WORK ORDER.
What is needed is an exact retyping of the records below, from the first line through the line that contains "use walk_terms::negated;".

(Dataset entries)
═══
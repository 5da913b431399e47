// Operators of one value and of two, and operands that are read.
ghost use Rattle.std.specs.Prelude.{◌≡◌, length, IfOk};
ghost use Rattle.formula.specs.Pool.{IsIn, tree_of};
ghost use Rattle.formula.specs.declared.function.BuiltIn.TheVariants as f;
ghost use Rattle.fort_model.specs.Senses.{make1, of_terms};
ghost use Rattle.fort_model.specs.WalkCalls.{Computed};
ghost use Rattle.fort_model.specs.WalkExpr as steps;
ghost use Rattle.walk_operands.specs.Operands.{IsOperandIn, operand_tree};
ghost use Rattle.walk_state.specs.Moments.{Follows, IsWalk, moment};
ghost use Rattle.walk_values.specs.Parts.{Does};
ghost use Rattle.walk_operators.specs.Operators.{of_one, of_two};

use crate::relations::{Test, tested};
use edge_io::NoMemory;
use formula::{BuiltIn, TermId};
use fort_syntax::BinOp;
use walk_operands::Operand;
use walk_state::Walk;
use walk_terms::negated;
use walk_values::{operate, power, ranged, read};

/// An operator of one value. Brackets and the sign + keep it.
#[derive(Clone, Copy, Debug)]
pub enum Unary {
    Kept,
    Negative,
    Power(u8),
    Not,
}

/// An operator of two values, which comes to a number or to a truth value.
#[derive(Clone, Copy, Debug)]
pub enum Binary {
    Number(BinOp),
    Truth(Test),
}

/// The value of an operand: a name or an element is read, and must be defined.
pub fn read_operand(walk: &mut Walk, card: u32, operand: Operand) -> Result<TermId, NoMemory>
    requires well { IsWalk walk.old }
    requires operand { IsOperandIn (length walk.old.pool) operand }
    ensures on { Follows walk.old walk.new }
    ensures is_in { IfOk result (λ id. IsIn walk.new.pool id) }
    ensures did { IfOk result (λ id. Does (moment walk.old) (λ w. steps.read_operand w card
        (operand_tree walk.old.pool operand)) (moment walk.new) (tree_of walk.new.pool id)) }
{
    match operand {
        Operand::Bare(_, value) => {
            read(walk, card, value)?;
            Ok(value)
        }
        Operand::Part(value) => {
            read(walk, card, value)?;
            Ok(value)
        }
        Operand::Computed(value) => Ok(value),
    }
}

/// A number with the sign turned round, which must be in range.
fn negative(walk: &mut Walk, card: u32, a: TermId) -> Result<TermId, NoMemory>
    requires well { IsWalk walk.old }
    requires a { IsIn walk.old.pool a }
    ensures on { Follows walk.old walk.new }
    ensures is_in { IfOk result (λ id. IsIn walk.new.pool id) }
    ensures did { IfOk result (λ id. Does (moment walk.old) (λ w. steps.ranged w card
        (make1 of_terms f.Negative (tree_of walk.old.pool a))) (moment walk.new)
        (tree_of walk.new.pool id)) }
{
    let Ok(value) = walk.pool.unary(BuiltIn::Negative, a) else {
        return Err(NoMemory);
    };
    ranged(walk, card, value)?;
    Ok(value)
}

/// What an operator of one value comes to.
pub fn unary_value(walk: &mut Walk, card: u32, op: Unary, a: TermId) -> Result<TermId, NoMemory>
    requires well { IsWalk walk.old }
    requires a { IsIn walk.old.pool a }
    ensures on { Follows walk.old walk.new }
    ensures is_in { IfOk result (λ id. IsIn walk.new.pool id) }
    ensures did { IfOk result (λ id. Does (moment walk.old) (λ w. of_one w card op
        (tree_of walk.old.pool a)) (moment walk.new) (Computed (tree_of walk.new.pool id))) }
{
    match op {
        Unary::Kept => Ok(a),
        Unary::Negative => {
            let value = negative(walk, card, a)?;
            Ok(value)
        }
        Unary::Power(exponent) => {
            let value = power(walk, card, a, exponent)?;
            Ok(value)
        }
        Unary::Not => {
            let Ok(value) = negated(&mut walk.pool, a) else {
                return Err(NoMemory);
            };
            Ok(value)
        }
    }
}

/// What an operator of two values comes to.
pub fn binary_value(
    walk: &mut Walk,
    card: u32,
    op: Binary,
    a: TermId,
    b: TermId,
) -> Result<TermId, NoMemory>
    requires well { IsWalk walk.old }
    requires a { IsIn walk.old.pool a }
    requires b { IsIn walk.old.pool b }
    ensures on { Follows walk.old walk.new }
    ensures is_in { IfOk result (λ id. IsIn walk.new.pool id) }
    ensures did { IfOk result (λ id. Does (moment walk.old) (λ w. of_two w card op
        (tree_of walk.old.pool a) (tree_of walk.old.pool b)) (moment walk.new)
        (Computed (tree_of walk.new.pool id))) }
{
    match op {
        Binary::Number(op) => {
            let value = operate(walk, card, op, a, b)?;
            Ok(value)
        }
        Binary::Truth(test) => {
            let Ok(value) = tested(&mut walk.pool, test, a, b) else {
                return Err(NoMemory);
            };
            Ok(value)
        }
    }
}
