/// A DO with its parameters.
#[derive(Clone, Copy, Debug)]
struct Head {
    label: u32,
    variable: Name,
    first: Param,
    last: Param,
    step: Option<Param>,
}

/// A DO.
fn entered(
    course: &Course,
    names: &mut NameWeights,
    load: &mut Load,
    spot: &Spot,
    head: &Head,
) -> Result<(), NoMemory>
    requires { spot.now.at ≤ length course.now.subject.now.book.now.unit.now.lines }
    ensures load { OnOk result (load.new ≡ (do_part (sight_of course.now.subject.now) spot.now.at (held names.old) head.now.label head.now.variable
        head.now.first head.now.last head.now.step spot.now.choices.now load.old).load) }
    ensures names { OnOk result (held names.new ≡ (do_part (sight_of course.now.subject.now) spot.now.at (held names.old) head.now.label
        head.now.variable head.now.first head.now.last head.now.step spot.now.choices.now load.old).value) }
    ensures marks { OnOk result (marked names.new ≡ marked names.old) }
{
    let subject = course.subject;
    let first = parameter(subject, names, load, head.first);
    let last = parameter(subject, names, load, head.last);
    let step = step_weight(subject, names, load, head.step);
    let lines = subject.book.unit.lines.as_slice();
    let begun = Begun {
        at: spot.at,
        ends: course.labels.point(lines, head.label),
        variable: head.variable,
        first,
        last,
        step,
    };
    let Ok(()) = begin(course, names, load, &begun, spot.choices) else {
        return Err(NoMemory);
    };
    Ok(())
}

/// The called name and the actuals of a CALL.
#[derive(Clone, Copy)]
struct Callee<'a> {
    name: &'a Name,
    args: &'a [Expr],
}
═══
SOLVED PROBLEM.
repository 5da913b431399e47
// Operators of one value and of two, and operands that are read.
ghost use Rattle.std.specs.Prelude.{◌≡◌, length, IfOk};
ghost use Rattle.formula.specs.Pool.{IsIn, tree_of};
ghost use Rattle.formula.specs.declared.function.BuiltIn.TheVariants as f;
ghost use Rattle.fort_model.specs.Senses.{make1, of_terms};
ghost use Rattle.fort_model.specs.WalkCalls.{Computed};
ghost use Rattle.fort_model.specs.WalkExpr as steps;
ghost use Rattle.walk_operands.specs.Operands.{IsOperandIn, operand_tree};
ghost use Rattle.walk_state.specs.Moments.{Follows, IsWalk, moment};
ghost use Rattle.walk_values.specs.Parts.{Does};
ghost use Rattle.walk_operators.specs.Operators.{of_one, of_two};

use crate::relations::{Test, tested};
use edge_io::NoMemory;
use formula::{BuiltIn, TermId};
use fort_syntax::BinOp;
use walk_operands::Operand;
use walk_state::Walk;
use walk_terms::negated;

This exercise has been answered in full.